Nach acht Jahren gab es wieder Ski-Weltcuprennen in St. Anton. Welche Bilanz ziehen Sie trotz der Corona-Einschränkungen?

Peter Mall: Es war eine großartige Veranstaltung – auch wenn uns die Zuschauer natürlich fehlten. Die Vorbereitungsarbeiten haben gefruchtet und endlich hatte der Herrgott wettertechnisch auch ein Einsehen mit uns. Es war wirklich spektakulär, St. Anton hat sich gut präsentiert.

Hat der Weltcup den Wintertourismus etwas retten können?

Mall: Wir haben zumindest ein tolles Signal ausgesendet. Man sieht, man kann Sport im Freien betreiben, und ich glaube, die Sehnsucht nach Sport im Freien ist groß. Wir haben bewiesen, es ist machbar.
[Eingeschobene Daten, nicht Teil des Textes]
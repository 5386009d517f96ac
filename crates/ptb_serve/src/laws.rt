// This file states that the laws of replies hold.

ghost use Rattle.ptb_serve.specs.ReplyLaws.{ReplyLaws};

use ptb_chances::table_laws;
use ptb_check::check_laws;
use ptb_explore::program_laws;
use ptb_machine::{run_laws, seeded_laws};

/// What the reply to each request is, for every program text and every input. The reply to a text
/// that is refused, as every text of more than 1,048,576 bytes is, is its refusal. For a text that is
/// accepted it is the reports of all its runs, each once, in the order of their answers, or of those
/// after a run, or of the first of them; what one run shows, with the status of its ending; or the
/// program's lines, or the mistakes in them. Two runs have two different reports. A run by a seed is
/// the one run whose answers are drawn from the seed. The replies to the shares of the lists that split
/// the runs are, one after the other, the reports of all runs. The chances of the results of all runs
/// add up to 1. Where a run ends with a fault, the command at its place has no mistake in its text, or
/// its mistake is among those that a check lists.
#[tactic(auto, using(crate::proofs::ReplyLaws::reply_laws))]
pub fn reply_laws()
    ensures { ReplyLaws }
{
    run_laws();
    seeded_laws();
    program_laws();
    table_laws();
    check_laws();
}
Ist der nächste Weltcuptermin fixiert?

Mall: Ja, am 14. und 15. Jänner 2023 tragen wir eine Abfahrt und eine Kombination aus. Dazu kommt auch die Junioren-WM in zwei Jahren. Nächstes Jahr werden wir Europacuprennen haben. St. Anton ist im Rennsport zurück. Wir werden das auch zelebrieren und uns auch engagieren. Ich bin überzeugt, dass St. Anton in Zukunft wieder eine große Rolle im Weltcup spielen wird.